Signed-off-by: Thomas Lamprecht <t.lamprecht@proxmox.com>
---
ha-manager.adoc | 127 ++++++++++++++++++++++++++++++++++++++++++++++++
1 file changed, 127 insertions(+)
diff --git a/ha-manager.adoc b/ha-manager.adoc
index ee254be..5547f7c 100644
--- a/ha-manager.adoc
+++ b/ha-manager.adoc
@@ -1024,6 +1024,19 @@ when no HA resources are configured yet or the cluster just started. The CRM
watchdog is not open. Fencing automatically transitions to `armed` once a CRM
takes over as master.
+disarming::
+
+A `disarm-ha` command was issued. The CRM is freezing or removing services
+from tracking and waiting for all LRMs to release their watchdogs. The CRM
+watchdog is still active during this phase. Each LRM entry's watchdog status
+changes to `released` as it acknowledges the disarm.
+
+disarmed::
+
+All watchdogs have been released cluster-wide. No automatic fencing,
+failover, or recovery takes place. See
+xref:ha_manager_disarm[Disarming HA for Cluster Maintenance].
+
NOTE: The `watchdog-mux` service keeps the underlying `/dev/watchdog` device
open for its entire lifetime, even when no HA client is connected. This
prevents other processes from claiming the device and ensures the HA stack can
@@ -1281,6 +1294,120 @@ NOTE: Please do not 'kill' services like `pve-ha-crm`, `pve-ha-lrm` or
immediate node reboot or even reset.
+[[ha_manager_disarm]]
+Disarming HA for Cluster Maintenance
+-------------------------------------
+
+Certain cluster maintenance tasks, such as reconfiguring the network or the
+cluster communication stack (corosync), can cause temporary quorum loss or
+network partitions. Normally, HA would interpret this as a node failure and
+trigger self-fencing, disrupting services unnecessarily.
+
+The disarm mechanism releases all CRM and LRM watchdogs cluster-wide, allowing
+you to perform such maintenance safely without the risk of nodes being fenced.
+
+IMPORTANT: While disarmed, HA does not protect your services. Failures during
+this period are not automatically recovered. Keep the disarm window as short
+as possible.
+
+.Resource Modes
+
+When disarming HA, you must choose a resource mode that controls how HA
+managed resources are handled while disarmed. The current state of resources
+is not affected.
+
+freeze::
+
+New commands and state changes are not applied. Services stay in their current
+state, but the HA stack does not react to failures or process new requests.

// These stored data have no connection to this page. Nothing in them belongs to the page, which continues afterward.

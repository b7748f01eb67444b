// Types as a source writes them, and parameters.

ghost use Rattle.std.specs.Prelude.{◌≡◌, IfOk};

use crate::names::Ident;
use grift_base::drop_along;
use grift_base::lists::{Items, OutOfMemory};
use grift_base::made::{both, boxed_made};
use grift_base::places::Pos;
use std::alloc::Global;
use type_graph::rows::Row;

/// A type and its place: that of its word, or of its opening bracket.
#[cycle(written_type)]
pub struct TypeExpr {
    pub pos: Pos,
    pub node: TypeNode,
}

/// What a written type is.
#[cycle(written_type)]
pub enum TypeNode {
    /// A type without parts.
    Base(Row),
    /// Functions: the types of the parameters, and that of the result.
    Fun(TypeExprs, Box<TypeExpr>),
    /// Tuples, by the types of their parts.
    Tuple(TypeExprs),
    /// Boxes, by the type of what they hold.
    Ref(Box<TypeExpr>),
    /// Vectors, by the type of their elements.
    Vect(Box<TypeExpr>),
}

/// Written types in order.
#[cycle(written_type)]
pub enum TypeExprs {
    /// No type.
    Nil,
    /// The first one, and those behind it.
    Cons(Box<TypeExpr>, Box<TypeExprs>),
}

// By hand, so that each place where a type goes is one call.
impl Drop for TypeExpr {
    #[cycle(written_type)]
    fn drop(self) {
        let TypeExpr { pos: _, node } = self;
        drop(node);
    }
}

impl Drop for TypeNode {
    #[cycle(written_type)]
    fn drop(self) {
        match self {
            TypeNode::Base(row) => drop(row),
            TypeNode::Fun(parameters, result) => drop((parameters, result)),
            TypeNode::Tuple(parts) => drop(parts),
            TypeNode::Ref(content) | TypeNode::Vect(content) => drop(content),
        }
    }
}

// A loop, since a list may be longer than the process's stack is deep.
impl Drop for TypeExprs {
    #[cycle(written_type)]
    fn drop(mut self) {
        drop_along!(self, TypeExprs)
    }
}

impl TypeExpr {
    ghost use Rattle.surface_trees.specs.Views.{type_of};

    /// The same type again.
    #[cycle(duplicate)]
    pub fn duplicate(&self, alloc: Global) -> Result<TypeExpr, OutOfMemory>
        ensures { IfOk result (λ same. type_of same ≡ type_of self.now) }
    {
        let node = self.node.duplicate(alloc)?;
        Ok(TypeExpr {
            pos: self.pos,
            node,
        })
    }
}

impl TypeNode {
    ghost use Rattle.surface_trees.specs.Views.{type_node_of};

    #[cycle(duplicate)]
    fn duplicate(&self, alloc: Global) -> Result<TypeNode, OutOfMemory>
        ensures { IfOk result (λ same. type_node_of same ≡ type_node_of self.now) }
    {
        match self {
            TypeNode::Base(row) => Ok(TypeNode::Base(row.duplicate(alloc)?)),
            TypeNode::Fun(parameters, result) => {
                let result = boxed_made(alloc, result.duplicate(alloc));
                let (parameters, result) = both(parameters.duplicate(alloc), result)?;
                Ok(TypeNode::Fun(parameters, result))
            }
            TypeNode::Tuple(parts) => Ok(TypeNode::Tuple(parts.duplicate(alloc)?)),
            TypeNode::Ref(content) => {
                let content = boxed_made(alloc, content.duplicate(alloc))?;
                Ok(TypeNode::Ref(content))
            }
            TypeNode::Vect(content) => {
                let content = boxed_made(alloc, content.duplicate(alloc))?;
                Ok(TypeNode::Vect(content))
            }
        }
    }
}

impl TypeExprs {
    ghost use Rattle.surface_trees.specs.Views.{types_of};

    // A recursion along the list: a tuple has at most eight parts, a function at most six parameters.
    #[cycle(duplicate)]
    fn duplicate(&self, alloc: Global) -> Result<TypeExprs, OutOfMemory>
        ensures { IfOk result (λ same. types_of same ≡ types_of self.now) }
    {
        match self {
            TypeExprs::Nil => Ok(TypeExprs::Nil),
            TypeExprs::Cons(first, rest) => {
                let first = boxed_made(alloc, first.duplicate(alloc));
                let rest = boxed_made(alloc, rest.duplicate(alloc));
                let (first, rest) = both(first, rest)?;
                Ok(TypeExprs::Cons(first, rest))
            }
        }
    }
}

/// A parameter: its place, its name, and its type where one is written.
pub struct Param {
    pub pos: Pos,
    pub name: Ident,
    pub ty: Option<TypeExpr>,
}

impl Drop for Param {
    fn drop(self) {
        let Param { pos: _, name, ty } = self;
        drop(name);
        drop(ty);
    }
}

/// Parameters in order.
pub type Params = Items<Param>;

+This is the safest choice when you expect all nodes to remain running.
+
+ignore::
+
+Resources are removed from HA tracking and can be managed as if they were not
+HA managed. This allows you to manually start, stop, or migrate services
+while HA is disarmed. Use this when you need to manually relocate services
+during maintenance.
+
+.Disarming and Re-Arming
+
+To disarm HA with the desired resource mode:
+
+----
+# ha-manager crm-command disarm-ha freeze
+----
+
+or:
+
+----
+# ha-manager crm-command disarm-ha ignore
+----
+
+To re-arm HA after maintenance is complete:
+
+----
+# ha-manager crm-command arm-ha
+----
+
+You can monitor the current state with:
+
+----
+# ha-manager status
+----
+
+The fencing status line shows the current state of the fencing mechanism (see
+xref:ha_manager_fencing_status[Fencing Status]), including the CRM and LRM
+watchdog states.
+
+.The Disarm Process
+
+After you request disarm, the following sequence happens:
+
+. The CRM freezes all services or removes them from tracking, depending on
+ the chosen resource mode.
+. Each LRM finishes its active workers, then releases its agent lock and
+ watchdog.
+. Once all online LRMs are idle, the CRM releases its own watchdog too.
+
+The CRM keeps the manager lock throughout this process, so it can accept and
+process the `arm-ha` command to reverse it.
+
+If any services are currently being fenced or recovered, the disarm is
+deferred until fencing completes. This ensures that partially fenced services
+do not end up in an inconsistent state.
+
+.Nodes Offline During Disarm
+
+If a node is offline when HA is disarmed, its LRM cannot process the disarm
+request. The CRM proceeds to the disarmed state once all *online* LRMs have
+completed their part. The offline node does not block this.
+
+When the offline node comes back online while HA is still disarmed, its LRM
+picks up the disarm state and releases its watchdog without attempting any
+service recovery.
+
+When you re-arm HA, any services that were on the offline node are handled
+according to normal HA recovery rules: they are fenced and recovered if the
+node is still unreachable, or restarted on the node if it has come back
+online.
+
+.Interaction with Maintenance Mode
+
+If a node is already in maintenance mode when disarm is requested, the
+maintenance migration continues until all services have been moved away. Once
+no active services and workers remain, the LRM releases its lock and watchdog
+as part of the disarm process.
+
+When HA is re-armed, the maintenance mode state is preserved. The node remains
+in maintenance and services are not moved back until maintenance mode is
+explicitly disabled.
+
+CAUTION: While the HA stack is disarmed, no automatic recovery, failover, or
+fencing takes place. A node failure during this window is not detected or
+handled by HA. Keep the disarm window as short as possible and ensure that the
+cluster is in a healthy state before re-arming.
+
+
[[ha_manager_crs]]
Cluster Resource Scheduling
---------------------------
--
2.47.3
^ permalink raw reply [flat|nested] 3+ messages in thread
end of thread, other threads:[~2026-03-10 15:53 UTC | newest]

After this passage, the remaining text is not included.